The app, which is available on the App Store today (and will be coming to Android and other platforms in the future), has also garnered the attention of investors. Corresponding with its new deals feature, Matchbook is also announcing that it has raised $250,000 in seed funding from Quotidian Ventures and from Percolate, Mashape, Nestio, and Foursquare investor (and Co-founder and former COO of the Barbarian Group), Rick Webb.

The New York City-based startup plans to use its new infusion of capital to help fuel its growth, ramp up hiring, and develop apps for other mobile platforms. Though many of Matchbook’s users aren’t interested in the majority of social features, Matchbook still plans to find the best ways to integrate social functionality to enhance the user experience.

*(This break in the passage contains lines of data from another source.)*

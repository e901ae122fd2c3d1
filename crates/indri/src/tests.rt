// Whole runs of the program's words over sources and sinks in memory.
use crate::run_words;
use indri_app::Status;
use ri_base::ArgList;
use ri_ends::{MemSink, MemSource, Source};
use std::alloc::Global;
use store_ends::MemStore;

const TWO: &[u8] = b"<DOC><DOCNO>d1</DOCNO>a b</DOC><DOC><DOCNO>d2</DOCNO>a</DOC>";

pub const USAGE: &str =
    "usage: indri DIR scan|create|add|delete|merge|prior|query|explain|session|gen\n";

fn words_of(alloc: Global, texts: &[&str]) -> Option<ArgList> {
    let mut words = ArgList::new(alloc);
    for text in texts {
        words.push(text).ok()?;
    }
    Some(words)
}

/// An input that comes in pieces of so many bytes.
fn source_of(alloc: Global, input: &[u8], piece: usize) -> Option<MemSource> {
    let input = input.to_vec(alloc).ok()?;
    Some(MemSource::new(input, piece.max(1), Vec::new(alloc)))
}

/// Whether the words end so over a source and a store without a file.
fn ends(
    alloc: Global,
    words: &ArgList,
    source: &mut MemSource,
    status: Status,
    text: &[u8],
) -> bool {
    let mut sink = MemSink::new(alloc, Vec::new(alloc));
    let mut store = MemStore::new(alloc, Vec::new(alloc), Vec::new(alloc));
    match run_words(alloc, words, source, &mut sink, &mut store) {
        Ok(answer) => answer == status && sink.bytes() == text,
        Err(_) => false,
    }
}

const NEWSWIRE: &[u8] = b"<DOC>
<DOCNO> AP880212-0001 </DOCNO>
<FILEID>AP-NR-02-12-88 2344EST</FILEID>
<HEAD>Rain Delays Launch</HEAD>
<TEXT>
   Rain delayed the launch. The launch is now set for Monday.
</TEXT>
</DOC>
";

const CAFE: &[u8] =
    b"<doc id=7><DocNo> X-1 </DocNo><Title lang=\"en\">Caf&eacute; au Lait</title></b><Text>one &amp; two</DOC>";

/// The text of a command, its input, its status, and what it writes.
type Row = (&'static str, &'static [u8], Status, &'static [u8]);

/// Scans: first a word over various inputs, then texts that read as one word, and then expressions.
static SCANS: [Row; 38] = [
    ("a", TWO, Status::Done, b"d1 0 1\nd2 0 1\n"),
    ("a", b"", Status::Done, b""),
    ("a", b"x", Status::SomeRefused, b"refused NotADoc 0\n"),
    (
        "a",
        b"<DOC><DOCNO>d1</DOCNO>a b</DOC>\n<DOC><DOCNO>d2</DOCNO><TEXT>a",
        Status::SomeRefused,
        b"d1 0 1\nrefused DocOpen 32\n",
    ),
    ("a", b"<DOC>a", Status::SomeRefused, b"refused NoDocno 5\n"),
    (
        "a",
        b"<DOC><DOCNO></DOCNO>a</DOC>",
        Status::SomeRefused,
        b"refused DocnoEmpty 12\n",
    ),
    (
        "a",
        b"<DOC><DOCNO>d 1</DOCNO>a</DOC>",
        Status::SomeRefused,
        b"refused DocnoBad 13\n",
    ),
    (
        "a",
        b"<DOC>\n<DOCNO> x-1 </DOCNO><B c=d>A&amp;a</b> b<!-- a -->a</doc >\n",
        Status::Done,
        b"x-1 0 1\nx-1 1 2\nx-1 3 4\n",
    ),
    (
        "a",
        b"<doc id=7><DocNo> X-1 </DocNo><Title lang=\"en\">A&eacute; au</Title></b><Text>A &amp; a</DOC>",
        Status::Done,
        b"X-1 0 1\nX-1 2 3\nX-1 3 4\n",
    ),
    (
        "a",
        b"<DOC><DOCNO>d1</DOCNO>b\xffa</DOC>",
        Status::Done,
        b"d1 1 2\n",
    ),
    ("A", TWO, Status::Done, b"d1 0 1\nd2 0 1\n"),
    (" a ", TWO, Status::Done, b"d1 0 1\nd2 0 1\n"),
    ("\"a\"", TWO, Status::Done, b"d1 0 1\nd2 0 1\n"),
    ("caf", CAFE, Status::Done, b"X-1 0 1\n"),
    ("Lait", CAFE, Status::Done, b"X-1 2 3\n"),
    ("two", CAFE, Status::Done, b"X-1 4 5\n"),
    ("#any:title", CAFE, Status::Done, b"X-1 0 3\n"),
    ("#any:text", CAFE, Status::Done, b"X-1 3 5\n"),
    ("#any:b", CAFE, Status::Done, b""),
    ("au.title", CAFE, Status::Done, b"X-1 1 2\n"),
    ("one.title", CAFE, Status::Done, b""),
    (
        "launch",
        NEWSWIRE,
        Status::Done,
        b"AP880212-0001 8 9\nAP880212-0001 12 13\nAP880212-0001 14 15\n",
    ),
    ("monday", NEWSWIRE, Status::Done, b"AP880212-0001 19 20\n"),
    (
        "launch.head",
        NEWSWIRE,
        Status::Done,
        b"AP880212-0001 8 9\n",
    ),
    (
        "#uw3(the launch)",
        NEWSWIRE,
        Status::Done,
        b"AP880212-0001 11 13\nAP880212-0001 12 14\nAP880212-0001 13 15\n",
    ),
    (
        "#1(rain delays)",
        NEWSWIRE,
        Status::Done,
        b"AP880212-0001 6 8\n",
    ),
    ("#1(rain delays).text", NEWSWIRE, Status::Done, b""),
    (
        "#2(launch launch)",
        NEWSWIRE,
        Status::Done,
        b"AP880212-0001 12 15\n",
    ),
    (
        "#1(#any:head rain)",
        NEWSWIRE,
        Status::Done,
        b"AP880212-0001 6 10\n",
    ),
    (
        "#syn(monday delays)",
        NEWSWIRE,
        Status::Done,
        b"AP880212-0001 7 8\nAP880212-0001 19 20\n",
    ),
    (
        "#band(rain launch)",
        NEWSWIRE,
        Status::Done,
        b"AP880212-0001 0 20\n",
    ),
    ("#band(rain sun)", NEWSWIRE, Status::Done, b""),
    ("AP-NR", NEWSWIRE, Status::Done, b"AP880212-0001 0 2\n"),
    (
        "#1(a b)",
        b"<DOC><DOCNO>d1</DOCNO>a a b b</DOC>",
        Status::Done,
        b"d1 1 3\n",
    ),
    (
        "#2(a b)",
        b"<DOC><DOCNO>d1</DOCNO>a a b b</DOC>",
        Status::Done,
        b"d1 0 3\nd1 1 3\n",
    ),
    (
        "#uw1(a b)",
        b"<DOC><DOCNO>d1</DOCNO>a a b b</DOC>",
        Status::Done,
        b"",
    ),
    (
        "#uw3(a b)",
        b"<DOC><DOCNO>d1</DOCNO>b a a b</DOC>",
        Status::Done,
        b"d1 0 2\nd1 1 4\nd1 2 4\n",
    ),
    (
        "b",
        b"<DOC><DOCNO>d1</DOCNO>a\xffb</DOC>",
        Status::Done,
        b"d1 1 2\n",
    ),
];

/// Whether a scan for the text of a row ends so, where its input comes in pieces of so many bytes.
fn is_scanned(alloc: Global, row: &Row, piece: usize) -> bool {
    let (text, input, status, lines) = row;
    let Some(words) = words_of(alloc, &[".", "scan", *text]) else {
        return false;
    };
    match source_of(alloc, input, piece) {
        Some(mut source) => ends(alloc, &words, &mut source, *status, lines),
        None => false,
    }
}

/// The same whatever the pieces are.
fn is_scanned_so(alloc: Global, row: &Row) -> bool {
    for piece in [1, 2, 3, 7, 100] {
        if !is_scanned(alloc, row, piece) {
            return false;
        }
    }
    true
}

/// The first of these scans that ends otherwise, if one does.
fn first_wrong_scan(alloc: Global) -> Option<usize> {
    for (place, row) in SCANS.iter().enumerate() {
        if !is_scanned_so(alloc, row) {
            return Some(place);
        }
    }
    None
}

#[test]
fn scans(rt: HostRuntime) {
    assert_eq!(rt; first_wrong_scan(rt.alloc()), None);
}

/// Words that are no command, and texts that are refused: the words, the status, and what is written.
static REFUSED: [(&[&str], Status, &str); 26] = [
    (&[], Status::Usage, USAGE),
    (&[".", "query", "--run", "mine", "a"], Status::Usage, USAGE),
    (&[".", "explain", "0", "a"], Status::Usage, USAGE),
    (
        &[".", "explain", "--k", "1", "1", "a"],
        Status::Usage,
        USAGE,
    ),
    (&[".", "query", "--mu", "0", "a"], Status::Usage, USAGE),
    (&[".", "query", "--mu", "01", "a"], Status::Usage, USAGE),
    (
        &[".", "query", "--mu", "1000001", "a"],
        Status::Usage,
        USAGE,
    ),
    (&[".", "query", "--nu", "1", "a"], Status::Usage, USAGE),
    (&["."], Status::Usage, USAGE),
    (&[".", "scan"], Status::Usage, USAGE),
    (&[".", "sing", "a"], Status::Usage, USAGE),
    (&[".", "scan", "a", "b"], Status::Usage, USAGE),
    (
        &[".", "scan", ""],
        Status::QueryRefused,
        "refused Query Expected 0\n",
    ),
    (
        &[".", "scan", "#1(a"],
        Status::QueryRefused,
        "refused Query Expected 4\n",
    ),
    (
        &[".", "scan", "a b"],
        Status::QueryRefused,
        "refused Query Expected 2\n",
    ),
    (
        &[".", "scan", "#or(a b)"],
        Status::QueryRefused,
        "refused Query UnknownOperator 0\n",
    ),
    (
        &[".", "scan", "#1()"],
        Status::QueryRefused,
        "refused Query EmptyOperator 0\n",
    ),
    (
        &[".", "scan", "#0(a b)"],
        Status::QueryRefused,
        "refused Query BadNumber 1\n",
    ),
    (
        &[".", "scan", "!"],
        Status::QueryRefused,
        "refused Query EmptyTerm 0\n",
    ),
    (
        &[".", "scan", "#1(a.(t) b)"],
        Status::QueryRefused,
        "refused Query ContextInside 4\n",
    ),
    (
        &[".", "scan", "a.9"],
        Status::QueryRefused,
        "refused Query BadField 2\n",
    ),
    (
        &[".", "scan", "#combine(a #filreq(b c))"],
        Status::QueryRefused,
        "refused Query Expected 0\n",
    ),
    (
        &[".", "scan", "#max(a #combine[t](b))"],
        Status::QueryRefused,
        "refused Query Expected 0\n",
    ),
    (
        &[".", "scan", "#weight(1234567 a)"],
        Status::QueryRefused,
        "refused Query Expected 0\n",
    ),
    (
        &[".", "scan", "#less(a 5)"],
        Status::QueryRefused,
        "refused Query NotYetBuilt 0\n",
    ),
    (
        &[".", "scan", "car*"],
        Status::QueryRefused,
        "refused Query NotYetBuilt 0\n",
    ),
];

/// Whether these words end so, and read nothing.
fn is_refused(alloc: Global, texts: &[&str], status: Status, line: &str) -> bool {
    let Some(words) = words_of(alloc, texts) else {
        return false;
    };
    match source_of(alloc, TWO, 100) {
        Some(mut source) => {
            ends(alloc, &words, &mut source, status, line.as_bytes()) && is_whole(&mut source)
        }
        None => false,
    }
}

/// Whether all bytes of the input are left.
fn is_whole(source: &mut MemSource) -> bool {
    let mut rest = [0; 100];
    match source.read(&mut rest) {
        Ok(count) => &rest[..count] == TWO,
        Err(_) => false,
    }
}

/// The first of these rows that ends otherwise, if one does.
fn first_wrong_refusal(alloc: Global) -> Option<usize> {
    for (place, (texts, status, line)) in REFUSED.iter().enumerate() {
        if !is_refused(alloc, texts, *status, line) {
            return Some(place);
        }
    }
    None
}

#[test]
fn refused(rt: HostRuntime) {
    assert_eq!(rt; first_wrong_refusal(rt.alloc()), None);
}

/// A document with this text so many times, and behind it one of the word `a`.
fn repeated(alloc: Global, text: &str, count: usize) -> Option<Vec<u8>> {
    let mut input = b"<DOC><DOCNO>d1</DOCNO>".to_vec(alloc).ok()?;
    for _ in 0..count {
        input.extend_from_slice(text.as_bytes()).ok()?;
    }
    input
        .extend_from_slice(b"</DOC><DOC><DOCNO>d2</DOCNO>a</DOC>")
        .ok()?;
    Some(input)
}

/// A text, how often it stands in a document, the status, and what a scan for `a` writes.
static LIMITS: [(&str, usize, Status, &str); 4] = [
    ("b ", 1_048_576, Status::Done, "d2 0 1\n"),
    (
        "b ",
        1_048_577,
        Status::SomeRefused,
        "refused TooManyTokens d1\nd2 0 1\n",
    ),
    ("<f>x</f>", 65_535, Status::Done, "d2 0 1\n"),
    (
        "<f>x</f>",
        65_536,
        Status::SomeRefused,
        "refused TooManyFields d1\nd2 0 1\n",
    ),
];

/// Whether a scan for `a` ends so over the documents of such a text.
fn is_limited(alloc: Global, text: &str, count: usize, status: Status, lines: &str) -> bool {
    let Some(input) = repeated(alloc, text, count) else {
        return false;
    };
    let Some(words) = words_of(alloc, &[".", "scan", "a"]) else {
        return false;
    };
    let mut source = MemSource::new(input, 65_536, Vec::new(alloc));
    ends(alloc, &words, &mut source, status, lines.as_bytes())
}

/// The first of these limits that is another one, if one is.
fn first_wrong_limit(alloc: Global) -> Option<usize> {
    for (place, (text, count, status, lines)) in LIMITS.iter().enumerate() {
        if !is_limited(alloc, text, *count, *status, lines) {
            return Some(place);
        }
    }
    None
}

#[test]
fn documents_with_too_much(rt: HostRuntime) {
    assert_eq!(rt; first_wrong_limit(rt.alloc()), None);
}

But, no doubt that serving users with a simple bookmarking app that lets users make personal notes and add tags to each places entry, along with being able to do so offline, and serve them with relevant deals to places they already want to go, could be a great way to increase the likelihood of users following-through on intent and, in turn, patronizing those local businesses. Even if this doesn’t solve the problem of creating loyal customers, it does help turn intent into action among a much coveted demographic of mainstream female shoppers.

Matchbook’s app is free to use, so to monetize its new deals feature, the startup will be taking a cut of all daily deals purchased through its app. Each daily deal site has its own affiliate program, but the average is about 10 percent going to referrer. To make a significant chunk of change, Matchbook will have to help sell a lot of deals, but with intent in its favor, the startup thinks that it can get more bang for its buck.